末次由紀による人気漫画の実写映画化第3作。この10年の日本映画の到達点という感じで素晴らしかった。大げさでなく、ついにデジタルシネマに固有な文体が発見された!と言いたくなるような高揚感を味わった。

 

……と、その根拠を丁寧に書いていく余裕が今はないので、ひとまず備忘録として「ネット映画」の側面から見た『ちはやふる -結び-』について記しておく。


音楽を担当した横山克ツイッターで「「緊張感をコントロールする」という事を試みています。試合の緊張感で心拍数が上がったり下がったりする効果を劇場でこそ出せる低い音で狙ってます」と語っているように(https://twitter.com/masaruyokoyama/status/974885521565532160)、本作の魅力は映画/競技かるたのリズムをつくりだすためにこそ、すべての音とイメージが動員されている点にある。

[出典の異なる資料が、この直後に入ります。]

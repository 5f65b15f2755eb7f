// The commands on a record: `attention`, `headings`, `lists` and `read`.

use asked::args::Asked;
use asked::input::{RECORD_ROOM, RESULT_ROOM, handed_asked};
use attention::call::resolve_attention;
use causes::refuse::refuse_record;
use heading::resolve::resolve_headings;
use list::call::resolve_lists;
use record::check::{Counts, Refusal};
use record::form::{Handed, form_of, options_of};
use terminal::events::{Section, say_events};
use terminal::host::{Host, Stream};
use terminal::say::{Status, done, print, say};

// A section as bytes.
fn say_section(host: &mut Host, section: Section) -> bool {
    let end = section.place(section.events);
    say(host, &section.bytes[..end])
}

// The section that was made, as text or as bytes.
fn say_made(host: &mut Host, section: Section, as_text: bool) -> Status {
    let written = if as_text {
        say_events(host, section)
    } else {
        say_section(host, section)
    };
    done(host, written)
}

// The options of a record that carries them.
fn say_carried(host: &mut Host, handed: Handed, rec: &[u8]) {
    if let Handed::Second = handed {
        print(
            host,
            Stream::Output,
            format_args!("options {} ", options_of(handed, rec)),
        );
    }
}

// The two counts of a good record.
fn say_counts(host: &mut Host, document: usize, events: usize) -> Status {
    let written = print(
        host,
        Stream::Output,
        format_args!("document {document} events {events}\n"),
    );
    done(host, written)
}

// What a resolver makes of a record, in memory for it alone: how many events its section has.
fn run<F>(host: &mut Host, rec: &[u8], asked: Asked, resolve: F) -> Status
where
    F: FnOnce(Handed, &[u8], &mut [u8], &mut [u8]) -> Result<usize, Refusal>,
    requires { F.IsAlwaysCallable resolve }
{
    let handed = handed_asked(asked);
    let mut out = [0u8; RESULT_ROOM];
    let mut work = [0u8; RECORD_ROOM];
    match resolve(handed, rec, &mut out, &mut work) {
        Ok(events) => {
            let made = Section {
                bytes: &out,
                width: form_of(handed).width,
                events,
            };
            say_made(host, made, asked.as_text)
        }
        Err(refusal) => refuse_record(host, rec, handed, refusal),
    }
}

// The record with its attention runs resolved. How many groups that made and candidates it tried, only `show` says.
pub fn run_attention(host: &mut Host, rec: &[u8], asked: Asked) -> Status {
    run(host, rec, asked, |handed, rec, out, work| {
        resolve_attention(handed, rec, out, work).map(|made| made.events)
    })
}

// The same with its headings resolved.
pub fn run_headings(host: &mut Host, rec: &[u8], asked: Asked) -> Status {
    run(host, rec, asked, resolve_headings)
}

// The same with its lists resolved.
pub fn run_lists(host: &mut Host, rec: &[u8], asked: Asked) -> Status {
    run(host, rec, asked, resolve_lists)
}

// Whether a record is good, the options that it carries, and its two counts.
pub fn run_read(host: &mut Host, rec: &[u8], asked: Asked) -> Status {
    let handed = handed_asked(asked);
    let mut work = [0u8; RECORD_ROOM];
    match record::call::read(handed, rec, &mut work) {
        Ok(Counts { document, events }) => {
            say_carried(host, handed, rec);
            say_counts(host, document, events)
        }
        Err(refusal) => refuse_record(host, rec, handed, refusal),
    }
}
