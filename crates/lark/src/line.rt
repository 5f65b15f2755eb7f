// The command `line`: what the line readers find in one line, and what the heading resolver makes of it where it is a heading.

use asked::args::Asked;
use asked::input::{RECORD_ROOM, handed_asked};
use asked::made::put_record;
use atx::heading;
use causes::refuse::refuse_line;
use heading::resolve::resolve_headings;
use lines::container::{Container, Kind};
use lines::going::{Going, continuation};
use lines::item::{Item, list_item};
use lines::spaces::{Taken, space_or_tab};
use record::check::Refusal;
use record::form::form_of;
use record::limits::{HEADING_TEXT, MAX_EVENTS};
use terminal::events::{Section, say_events};
use terminal::host::{Host, Stream};
use terminal::say::{Status, done, end_line, print, say};

// As many columns as the spaces and tabs of a line can have: 16,384 tabs of four.
const ALL: usize = 65536;

// A refusal of a heading's record, which is for its events alone, by the place in the line of the first piece for which it has no room: its enter
// is the last event that a record takes, where the heading's exit should be. The section has the events as they were read, side by side.
fn crowded(refusal: Refusal, section: Section) -> Refusal {
    Refusal {
        place: section.event(MAX_EVENTS - 1).map_or(0, |event| event.place),
        ..refusal
    }
}

// How many events a line that is a heading has with its text resolved, which are put into the section, where its events as it was read are.
fn resolve(line: &[u8], asked: Asked, section: &mut [u8], events: usize) -> Result<usize, Refusal> {
    let handed = handed_asked(asked);
    let mut bytes = [0u8; RECORD_ROOM];
    let mut work = [0u8; RECORD_ROOM];
    let read = Section::written(section, events);
    let rec = put_record(line, read, handed, asked.options(), &mut bytes)?;
    resolve_headings(handed, rec, section, &mut work)
}

// The same of any line; None where it is no heading.
fn find_title(line: &[u8], asked: Asked, section: &mut [u8]) -> Result<Option<usize>, Refusal> {
    let Some(read) = heading(line, asked.options(), asked.column, section)? else {
        return Ok(None);
    };
    match resolve(line, asked, section, read) {
        Ok(events) => Ok(Some(events)),
        Err(refusal) => Err(crowded(refusal, Section::written(section, read))),
    }
}

// What is found of the spaces and tabs in front, on a line. All of them are taken, so that none is cut.
fn say_leading(host: &mut Host, spaces: Result<Option<Taken>, Refusal>) {
    say(host, b"leading spaces and tabs: ");
    match spaces {
        Ok(Some(taken)) => print(host, Stream::Output, taken.bytes),
        Ok(None) => say(host, b"too few"),
        Err(_) => say(host, b"refused"),
    };
    end_line(host);
}

// Where a heading's text stands, and its events.
fn say_heading(host: &mut Host, section: Section) {
    if let Some(k) = section.first_named(HEADING_TEXT)
        && let Some(event) = section.event(k)
        && let Some(to) = section.exit(k)
    {
        let from = event.place;
        print(
            host,
            Stream::Output,
            format_args!("heading: text {from}..{to}\nheading: events "),
        );
    } else {
        say(host, b"heading: no text\nheading: events ");
    }
    say_events(host, section);
}

// Whether an item is bulleted or ordered, and its mark.
fn say_kind(host: &mut Host, kind: Kind) {
    let (words, mark): (&[u8], u8) = match kind {
        Kind::Bullet(mark) => (b", bullet ", mark),
        Kind::Ordered(mark) => (b", ordered ", mark),
    };
    say(host, words);
    say(host, &[mark]);
}

// A container's flag; where it is not set nothing is said.
fn say_blank(host: &mut Host, blank: bool) {
    if blank {
        say(host, b", blank");
    }
}

// The bytes taken, and the columns left of a tab; where none is cut nothing is said of that.
fn say_taken(host: &mut Host, taken: usize, left: usize) {
    print(host, Stream::Output, format_args!("taken {taken}"));
    if left != 0 {
        print(host, Stream::Output, format_args!(", left {left}"));
    }
}

// What a list item takes, and its container: the size, the kind and the flag.
fn say_item(host: &mut Host, item: Item) {
    let container = item.container;
    say_taken(host, item.taken, item.left);
    print(
        host,
        Stream::Output,
        format_args!(", size {}", container.size),
    );
    say_kind(host, container.kind);
    say_blank(host, container.blank);
}

// What is found of a list item; whether it was written.
fn say_start(host: &mut Host, start: Result<Option<Item>, Refusal>) -> bool {
    say(host, b"list item: ");
    match start {
        Ok(Some(item)) => say_item(host, item),
        Ok(None) => {
            say(host, b"no");
        }
        Err(_) => {
            say(host, b"refused");
        }
    }
    end_line(host)
}

// What is found of a further line: what is taken, or no, each with the flag as it then stands; or that it is refused.
fn say_going(host: &mut Host, going: Result<Going, Refusal>) {
    match going {
        Ok(
            Going::Goes {
                taken,
                left,
                container,
            },
        ) => {
            say(host, b": ");
            say_taken(host, taken, left);
            say_blank(host, container.blank);
        }
        Ok(Going::Stops { container }) => {
            say(host, b": no");
            say_blank(host, container.blank);
        }
        Err(_) => {
            say(host, b": refused");
        }
    }
}

// What is found of a further line of an item of this size; whether it was written. The item's mark does not matter.
fn read_further(host: &mut Host, line: &[u8], asked: Asked, size: usize) -> bool {
    let held = Container {
        kind: Kind::Bullet(b'-'),
        size,
        blank: asked.blank,
    };
    print(
        host,
        Stream::Output,
        format_args!("continuation of size {size}"),
    );
    say_going(
        host,
        continuation(line, asked.options(), asked.column, held),
    );
    end_line(host)
}

// What the readers find beside a heading. They have nothing to refuse once the heading has answered, since all refuse a line for the same
// reasons, but for the heading's own.
fn read_others(host: &mut Host, line: &[u8], asked: Asked) -> bool {
    let written = say_start(
        host,
        list_item(line, asked.options(), asked.column, asked.interrupting),
    );
    match asked.size {
        Some(size) => read_further(host, line, asked, size),
        None => written,
    }
}

// The answer on a line that is not refused, and has these events as a heading, or is none.
fn answer(host: &mut Host, line: &[u8], asked: Asked, title: Option<Section>) -> Status {
    say_leading(
        host,
        space_or_tab(line, asked.options(), asked.column, 0, ALL),
    );
    if let Some(section) = title {
        say_heading(host, section);
    } else {
        say(host, b"heading: no\n");
    }
    let written = read_others(host, line, asked);
    done(host, written)
}

// The answer on any line. The heading comes first: all that can be refused shows there, before a word is written.
pub fn read_line(host: &mut Host, line: &[u8], asked: Asked) -> Status {
    let mut bytes = [0u8; RECORD_ROOM];
    let title = match find_title(line, asked, &mut bytes) {
        Ok(title) => title,
        Err(refusal) => return refuse_line(host, line, refusal),
    };
    let width = form_of(handed_asked(asked)).width;
    let title = title.map(|events| Section {
        bytes: &bytes,
        width,
        events,
    });
    answer(host, line, asked, title)
}
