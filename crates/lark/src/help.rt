// Help and version: the words that ask for them, and what is then said.

use terminal::host::{Host, Stream, argument_count, argument_length};
use terminal::say::write;

// What the arguments ask for in the place of a command.
#[derive(Clone, Copy)]
pub enum Wish {
    Help,
    Version,
}

// What the arguments from a number on ask for: the first that asks for something, wherever it stands before --.
pub fn wish_from(host: &Host, from: usize) -> Option<Wish> {
    for i in from..argument_count(host) {
        let mut word = [0u8; 16];
        let n = argument_length(host, i, &mut word);
        match &word[..n] {
            b"--help" | b"-h" => return Some(Wish::Help),
            b"--version" => return Some(Wish::Version),
            b"--" => return None,
            _ => {}
        }
    }
    None
}

// The version, which the header and the binding have too; whether it was written.
pub fn say_version(host: &mut Host) -> bool {
    write(host, Stream::Output, b"lark 0.7.0\n")
}

// All of it, on a descriptor, as it stands on the terminal; whether it was written.
pub fn say_help(host: &mut Host, stream: Stream) -> bool {
    write(
        host,
        stream,
        b"lark: what Ledgerlark makes of a text, a line or a record

  lark show [-o N] [--form 2] [TEXT]            the groups that a text's attention runs form, as a tree
  lark line [-o N] [--form 2] [--column COLUMN] [-i] [-c SIZE [-b]] [TEXT]
                                                what the line readers find in a line; --column COLUMN: which starts at
                                                that column, 0 without it; -i: where it would interrupt a paragraph;
                                                -c SIZE: as a further line of an item of that size, -b: whose flag is
                                                set
  lark record [-o N] [--form 2] [TEXT]          the record that show makes of a text
  lark record [-o N] [--form 2] TEXT EVENT..    the record of a text and of these events
  lark attention [-o N | --form 2] [-t] [FILE]  a record's events with the attention runs resolved; -t: as text
  lark headings [-o N | --form 2] [-t] [FILE]   the same with the headings resolved
  lark lists [-o N | --form 2] [-t] [FILE]      the same with the lists resolved
  lark read [-o N | --form 2] [FILE]            whether a record is good, and its two counts
  lark help                                     these words; --help or -h does the same, also behind a command
  lark version                                  the version; --version does the same, also behind a command

Without TEXT or FILE, or with - for FILE, standard input is read; of a TEXT that comes from there one line feed at the
end is dropped. A TEXT may begin with a dash; -- ends the options, and behind it even --help is a TEXT. show and record
take each longest run of one marker for an attention run and all between for data: they know nothing of escapes, code
or links.

An EVENT is what -t prints: + or - for enter or exit, a name, @ and a place. The name is a number or its word, as in
+11@0 or +HeadingAtx@0; several EVENTs may stand in one argument. Behind a TEXT every word of record's but --help, -h
and --version is an EVENT. The words for 0 to 24, in capitals or small letters:
  Data AttentionSequence Emphasis EmphasisSequence EmphasisText Strong StrongSequence StrongText
  GfmStrikethrough GfmStrikethroughSequence GfmStrikethroughText HeadingAtx HeadingAtxSequence HeadingAtxText
  SpaceOrTab ListItem ListItemPrefix ListItemMarker ListItemValue ListOrdered ListUnordered LineEnding
  BlankLineEnding BlockQuotePrefix OtherContainer

Without --form a record is of form 1, as with --form 1: its options stand beside it. In form 2 they are in it, and with
each event the number of its partner, the exit of an enter or the enter of an exit, printed behind a slash: +2@0/9 is
left by event 9, counted from 0. An EVENT is given without that number, and record puts it in. -o gives a record that is
made of a TEXT its options; one that is read has its own, and read says them. show answers alike in both forms.

A tab goes to the next column that is a multiple of 4; a SIZE means columns too. What is taken of a line is said in
bytes. Where line says left, a tab is cut: its byte is not taken, and so many of its columns are left.

N is a sum: 1 attention, 2 strikethrough, 4 single tilde, 8 heading, 16 list item, 32 code indented; 59 without -o.
Exit status: 0 answered; 1 refused, with the refusal on standard error; 2 bad arguments, or a file that fails. The place
that a refusal names is an offset in the TEXT, or in the record where a FILE is read.
",
    )
}
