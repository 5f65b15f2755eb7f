// lark: what the library makes of a text, a line or a record, for the terminal. `help.rt` has the commands.
// What it says is in the crate `terminal`, what it is asked in `asked`, and why something is refused in `causes`.
//
// Where its first argument is `--status` it writes the digit 0, 1 or 2 to descriptor 3, and the script `lark` at the repository's root, which
// asks for that, leaves with it. The script reads TERM and NO_COLOR too, and says `--styled` in place of `--status` where `show` is to use a
// terminal's styles. Nobody else needs to pass either: the script always says one of them first, so that what its user says is the command.
//
// Each command finds out first whether something is wrong, and writes then, so that nothing is on standard output where something is.

#![tactic(auto)]

mod help; // help and version
mod line; // the command `line`
mod resolve; // the commands on records
mod show; // the commands `show` and `record`

use asked::args::{Asked, Takes, arguments, say_fault};
use asked::input::{RECORD_ROOM, TEXT_ROOM, record_asked, text_asked};
use help::{Wish, say_help, say_version, wish_from};
use line::read_line;
use resolve::{run_attention, run_headings, run_lists, run_read};
use show::{record_text, show_text};
use std::fs::OpenOptions;
use std::io::Write;
use std::process::ExitCode;
use terminal::host::{Host, Stream, argument_count, argument_length, is_unread};
use terminal::say::{Status, blame, done};

// The descriptor that a status is written to, where that is asked for, by its name.
const STATUS_FILE: &str = "/dev/fd/3";

// What a shell shows of a program that a signal ends since nobody reads what it writes any more. This one ends with it as its status then.
const UNREAD: u8 = 141;

// A command whose arguments begin with number `next`, on the input that they stand for: how that is read into a buffer, and what is answered on it. It
// answers only where its arguments are good and the input can be had. Each command has a frame of its own on the stack, with no room for the others' buffers.
#[inline(never)]
fn on_input<R, F>(
    host: &mut Host,
    takes: Takes,
    next: usize,
    buffer: &mut [u8],
    read: R,
    answer: F,
) -> Status
where
    R: for<'a> FnOnce(&mut Host, Asked, &'a mut [u8]) -> Result<&'a [u8], Status>,
    F: FnOnce(&mut Host, &[u8], Asked) -> Status,
    requires reads { R.IsAlwaysCallable read }
    requires answers { F.IsAlwaysCallable answer }
{
    let asked = match arguments(host, next, takes) {
        Ok(asked) => asked,
        Err(fault) => return say_fault(host, fault),
    };
    match read(host, asked, buffer) {
        Ok(input) => answer(host, input, asked),
        Err(status) => status,
    }
}

// A command on a text.
fn on_text<F: FnOnce(&mut Host, &[u8], Asked) -> Status>(
    host: &mut Host,
    takes: Takes,
    next: usize,
    answer: F,
) -> Status
    requires { F.IsAlwaysCallable answer }
{
    on_input(host, takes, next, &mut [0u8; TEXT_ROOM], text_asked, answer)
}

// A command on a record.
fn on_record<F: FnOnce(&mut Host, &[u8], Asked) -> Status>(
    host: &mut Host,
    takes: Takes,
    next: usize,
    answer: F,
) -> Status
    requires { F.IsAlwaysCallable answer }
{
    on_input(
        host,
        takes,
        next,
        &mut [0u8; RECORD_ROOM],
        record_asked,
        answer,
    )
}

// The command `help`.
fn answer_help(host: &mut Host) -> Status {
    let written = say_help(host, Stream::Output);
    done(host, written)
}

// The command `version`.
fn answer_version(host: &mut Host) -> Status {
    let written = say_version(host);
    done(host, written)
}

// The command is argument i. One that does not fit the word is none of ours.
fn command_at(host: &mut Host, i: usize, styled: bool) -> Status {
    if i >= argument_count(host) {
        say_help(host, Stream::Complaints);
        return Status::Wrong;
    }
    let mut word = [0u8; 16];
    let n = argument_length(host, i, &mut word);
    let next = i + 1;
    match &word[..n] {
        b"show" => on_text(
            host,
            Takes::Text,
            next,
            |host, text, asked| show_text(host, text, asked, styled),
        ),
        b"line" => on_text(host, Takes::Line, next, read_line),
        b"record" => on_text(host, Takes::TextAndEvents, next, record_text),
        b"attention" => on_record(host, Takes::FileOfEvents, next, run_attention),
        b"headings" => on_record(host, Takes::FileOfEvents, next, run_headings),
        b"lists" => on_record(host, Takes::FileOfEvents, next, run_lists),
        b"read" => on_record(host, Takes::File, next, run_read),
        b"help" => answer_help(host),
        b"version" => answer_version(host),
        _ => blame(host, b"no such command", i),
    }
}

// Help or version, where one of the arguments from number i on asks for it, or the command, which is argument i.
fn answer_from(host: &mut Host, i: usize, styled: bool) -> Status {
    match wish_from(host, i) {
        Some(Wish::Help) => answer_help(host),
        Some(Wish::Version) => answer_version(host),
        None => command_at(host, i, styled),
    }
}

// Writes the status where the script `lark` reads it. The descriptor is opened to be read too: a pipe that nobody reads any more would keep the
// program waiting otherwise.
fn tell(host: &Host, status: Status) {
    let opened = OpenOptions::new()
        .read(true)
        .append(true)
        .open(&host.rt, STATUS_FILE);
    if let Ok(mut file) = opened {
        let _ = write!(file, "{status}");
    }
}

// The answer, whose command is argument i, with its status told where that is asked for.
fn answer_told(host: &mut Host, i: usize, styled: bool, told: bool) -> ExitCode {
    let status = answer_from(host, i, styled);
    if is_unread(host) {
        return ExitCode::from(UNREAD);
    }
    if told {
        tell(host, status);
    }
    ExitCode::SUCCESS
}

// The command is the first argument, or stands behind the word that the script `lark` says.
fn main(rt: HostRuntime) -> ExitCode {
    let mut host = Host::new(rt);
    let mut word = [0u8; 16];
    let n = argument_length(&host, 1, &mut word);
    match &word[..n] {
        b"--status" => answer_told(&mut host, 2, false, true),
        b"--styled" => answer_told(&mut host, 2, true, true),
        _ => answer_told(&mut host, 1, false, false),
    }
}
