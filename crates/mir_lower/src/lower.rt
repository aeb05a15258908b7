//! Lowering expressions: as an operand, to a place, and into a local.

ghost use Rattle.std.specs.Prelude.{◌≡◌, ◌∷◌, ℕ, false, length, [], IfOk, IfErr, OnOk, Some, None};
ghost use Rattle.mir.specs.declared.errors.MirLowerError.TheVariants as refusal;
ghost use Rattle.numbers.specs.declared.operator.Operator.{Operator};
ghost use Rattle.world.specs.Checked.{IsCheckedBody};
ghost use Rattle.source_meaning.specs.Source.{Cell, index_of, node, unadjusted};
ghost use Rattle.source_meaning.specs.Core.{Combine, is_place};
ghost use Rattle.source_meaning.specs.Core as expr;
ghost use Rattle.source_meaning.specs.Built.{IsBuiltAssigned, IsBuiltAssignee};
ghost use Rattle.source_meaning.specs.Steps.{assigned_parts, assignee_parts, field_parts, parts_of};
ghost use Rattle.world.specs.declared.body.Statement.TheVariants as statement_kind;
ghost use Rattle.body_forms.specs.Callees.{callee_number};
ghost use Rattle.body_forms.specs.Contexts.{source_of};
ghost use Rattle.body_forms.specs.Form.{core_assigned, core_assignee, core_elem, core_form, literal_sources, places_given};
ghost use Rattle.body_forms.specs.declared.form.Form.TheVariants.{Struct, Update};
ghost use Rattle.mir_graph.specs.Graph.{shape, local_of};
ghost use Rattle.mir_lower.specs.Growth.{HasIndex, IsPlaced, IsReady, ArePartsReady, IsReadyPart};
ghost use Rattle.body_forms.specs.Operations.{several_operation, single_operation};
ghost use Rattle.mir_lower.specs.Lowered.{HasStatements, LowersAssigned, LowersAssignee, LowersIndex, LowersInto, LowersField, LowersPlace, LowersOperand, LowersOperands, LowersStatements, LowersTail, IsStatementOf, LowersOwn};
ghost use Rattle.mir_lower.specs.Built.{IsBuilt, IsBuiltThrough};
ghost use Rattle.mir_lower.specs.Refusals.{RefusesAt};
ghost use Rattle.std.specs.Prelude.{All, Contains, IfSome, IsSome, map};
ghost use Rattle.world.specs.Nodes.{expr_numbers, optional};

美しい声を持つキャストの起用(広瀬すず新田真剣佑野村周平上白石萌音松岡茉優……)、説明台詞でも耳に馴染む言葉選び、観衆のざわつきやカルタの跳ねる音から無音への切り替え、空間的な広がりのあるBGMとそれに対応する光に満ちた画面設計、スローモーションやアニメーションの大胆な導入……といった主要素はもちろんのこと、競技を配信するウェブ動画上に視聴者のコメントが流れていくショットも見逃せない。各自が内面を吐露するナレーションの速度、百人一首の歌が詠み上げられる速度に加え、映画の観客が文字を追うことによってうまれる速度までもが導入され、映画のリズムチェンジに貢献している。

 

ライバル同士である太一と新がLINEでメッセージを交換するシーンでも、それまで多くの音や声に満たされていた世界が静寂に包まれ、まさに「無言の会話」が繰り広げられる。観客にテキストを読ませることが、映画のリズムにアクセントをつけることにつながっているのである。

 

従来のネット描写において、スクリーン上のテキストを読ませることは、意図せぬ冗長さを招いたり、観客の視聴負担を増大させるなど、負の側面が目立つことのほうが多かった。しかし『ちはやふる -結び-』は、そうした遅延を逆手にとってリズムチェンジに応用し、グルーブを生み出す手法を発明してみせたのだ。

 

映画『ちはやふる』完全本 ―上の句・下の句・結び―

映画『ちはやふる』完全本 ―上の句・下の句・結び―

 

 

永江二朗『ツイッターの呪い』2011年


ツイッターの呪い(予告編)

 

タイトルの通り、Twitterを題材にした全5話のオムニバス。


とある廃墟に出かけた若者たちに異変が起こりツイートが途絶えた事件(第1話「実況肝試し」)、フォローされた人間が22日後に命を落とすと噂されるアカウント(第2話「呪いのフォロー」)、死後もツイートを続けて女性に粘着するストーカー(第3話「死者からのつぶやき」)、Twitterで見知らぬ他人から偽の除霊方法を教わった男に起きた災難(第4話「友人」)、Twitter悪魔崇拝にのめりこむ息子を捜索する父親(第5話「呪いのつぶやき」)といった事件に対し、映画の製作陣が独自取材を試みるという体裁をとる。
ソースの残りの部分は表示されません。